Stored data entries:
================
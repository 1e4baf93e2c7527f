//! A document.
ghost use Rattle.std.specs.Prelude.{◌≡◌, ◌≤◌, ◌<◌, ◌++◌, chars, length, map, string_bytes, encode_utf8_all, IfOk, IfErr, IfSome, OnOk, is_some, true, false};
ghost use Rattle.char_documents.specs.Texts.{all_lie_in, covered, lies_in, reference_text, separator, shown};
ghost use Rattle.char_documents.specs.Tokens.{tokens_of};

use crate::checkpoints::{byte_of, checkpoints};
use crate::tokens::tokens;
use mark_base::{Frag, Memory, Text, char_count};
use std::alloc::{AllocError, Global};
use std::marker::Model;

/// The characters of the longest text.
const LONGEST_TEXT: usize = 200_000;

/// Why a text is no document.
#[derive(Clone, Copy, Debug, PartialEq, Eq)]
pub enum DocFault {
    /// The text has more than 200,000 characters.
    TooLong,
    /// Memory ran out.
    Memory,
}

/// Why fragments have no reference text.
#[derive(Clone, Copy, Debug, PartialEq, Eq)]
pub enum RefFault {
    /// A fragment starts behind its end, or ends behind the text.
    OutOfText,
    /// Memory ran out.
    Memory,
}

impl From<Memory> for DocFault {
    ghost use Rattle.std.specs.Prelude.{◌≡◌};
    ghost use Rattle.char_documents.specs.declared.doc.DocFault.{DocFault};

    ghost from_gives = { λ _ fault. fault ≡ DocFault.Memory };

    fn from(_: Memory) -> Self {
        DocFault::Memory
    }
}

impl From<AllocError> for DocFault {
    ghost use Rattle.std.specs.Prelude.{◌≡◌};
    ghost use Rattle.char_documents.specs.declared.doc.DocFault.{DocFault};

    ghost from_gives = { λ _ fault. fault ≡ DocFault.Memory };

    fn from(_: AllocError) -> Self {
        DocFault::Memory
    }
}

impl From<AllocError> for RefFault {
    ghost use Rattle.std.specs.Prelude.{◌≡◌};
    ghost use Rattle.char_documents.specs.declared.doc.RefFault.{RefFault};

    ghost from_gives = { λ _ fault. fault ≡ RefFault.Memory };

    fn from(_: AllocError) -> Self {
        RefFault::Memory
    }
}

/// The text of a document, which never changes. Contracts see it as the list of its characters.
#[derive(Debug, Drop)]
pub struct Doc {
    text: String,
    count: u32,
    marks: Vec<usize>,
    tokens: Vec<Frag>,
}

impl Model for Doc {
    ghost use Rattle.std.specs.Prelude.{List, ℕ, string_bytes, chars};
    ghost use Rattle.char_documents.specs.Documents.{IsDocument};

    ghost Value = { List ℕ };

    ghost view = { λ doc. chars (string_bytes doc.text) };

    ghost invariant = { λ doc. IsDocument (string_bytes doc.text) doc.count doc.marks.items doc.tokens.items };
}

/// A character as a reference text shows it: a line end is a space.
fn shown(c: char) -> char
    ensures { result ≡ shown c }
{
    match c {
        '\n' | '\r' => ' ',
        _ => c,
    }
}

/// A piece as a reference text shows it.
fn shown_text(alloc: Global, piece: &str) -> Result<String, AllocError>
    ensures { IfOk result (λ text. string_bytes text ≡ encode_utf8_all (map shown (chars piece.now))) }
{
    piece.chars().map(|c| shown(c)).collect(alloc)
}

/// Appends what stands before the piece of this place: nothing before the first, else a space.
fn push_separator(text: &mut String, place: usize) -> Result<(), AllocError>
    ensures { OnOk result (string_bytes text.new ≡ string_bytes text.old ++ separator place) }
{
    if place > 0 {
        text.push(' ')?;
    }
    Ok(())
}

impl Doc {
    /// The document of this text. Cost: the length of the text.
    pub fn new(alloc: Global, text: &str) -> Result<Doc, DocFault>
        ensures characters { IfOk result (λ doc. doc ≡ chars text.now) }
        ensures short { OnOk result (length (chars text.now) ≤ 200000) }
        ensures long { IfErr result (λ fault. fault ≡ DocFault.TooLong → 200000 < length (chars text.now)) }
    {
        let count = char_count(text);
        if count > LONGEST_TEXT {
            return Err(DocFault::TooLong);
        }
        let marks = checkpoints(alloc, text, count)?;
        let tokens = tokens(alloc, text)?;
        let text = String::from_str(alloc, text)?;
        Ok(Doc {
            text,
            count: count as u32,
            marks,
            tokens,
        })
    }

    /// How many characters the text has, at most 200,000.
    pub fn char_count(&self) -> u32
        ensures value { result ≡ length self.now }
        ensures bound { length self.now ≤ 200000 }
    {
        self.count
    }

    /// The text.
    pub fn text(&self) -> &str
        ensures bytes { result.now ≡ encode_utf8_all self.now }
        ensures characters { chars result.now ≡ self.now }
    {
        self.text.as_str()
    }

    /// The tokens of the text, in order: the maximal runs of characters that are not white space.
    pub fn tokens(&self) -> &[Frag]
        ensures { result.now ≡ tokens_of self.now }
    {
        self.tokens.as_slice()
    }

    /// What a fragment covers, or `None` where it starts behind its end or ends behind the text.
    /// Cost: at most 255 characters are passed for each end, whatever the length of the text, and none where each
    /// character of the text is one byte.
    pub fn slice(&self, frag: Frag) -> Option<&str>
        ensures within { is_some result ≡ lies_in self.now frag }
        ensures bytes { IfSome result (λ piece. piece.now ≡ encode_utf8_all (covered self.now frag)) }
        ensures characters { IfSome result (λ piece. chars piece.now ≡ covered self.now frag) }
    {
        if frag.start > frag.end || frag.end > self.count {
            return None;
        }
        let text = self.text.as_str();
        let count = self.count as usize;
        let start = byte_of(text, count, &self.marks, frag.start as usize);
        let end = byte_of(text, count, &self.marks, frag.end as usize);
        Some(&text[start..end])
    }

    /// The reference text of fragments: what each covers, with every line feed and carriage return as
    /// a space, and one space between each two. Cost: what they cover.
    pub fn reference(&self, frags: &[Frag]) -> Result<Text, RefFault>
        ensures text { IfOk result (λ text. text ≡ encode_utf8_all (reference_text self.now frags.now)) }
        ensures within { OnOk result (all_lie_in self.now frags.now ≡ true) }
        ensures out { IfErr result (λ fault. fault ≡ RefFault.OutOfText → all_lie_in self.now frags.now ≡ false) }
    {
        let alloc = *self.text.allocator();
        let mut text = String::new(alloc);
        for (place, frag) in frags.iter().enumerate() {
            let Some(piece) = self.slice(*frag) else {
                return Err(RefFault::OutOfText);
            };
            push_separator(&mut text, place)?;
            text.push_str(shown_text(alloc, piece)?.as_str())?;
        }
        Ok(Text::from_string(text))
    }
}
================
• [Task brief]
Find and copy each line above that includes the string "marks".

• [Answer for the task]
    marks: Vec<usize>,
    ghost invariant = { λ doc. IsDocument (string_bytes doc.text) doc.count doc.marks.items doc.tokens.items };
        let marks = checkpoints(alloc, text, count)?;
            marks,
        let start = byte_of(text, count, &self.marks, frag.start as usize);
        let end = byte_of(text, count, &self.marks, frag.end as usize);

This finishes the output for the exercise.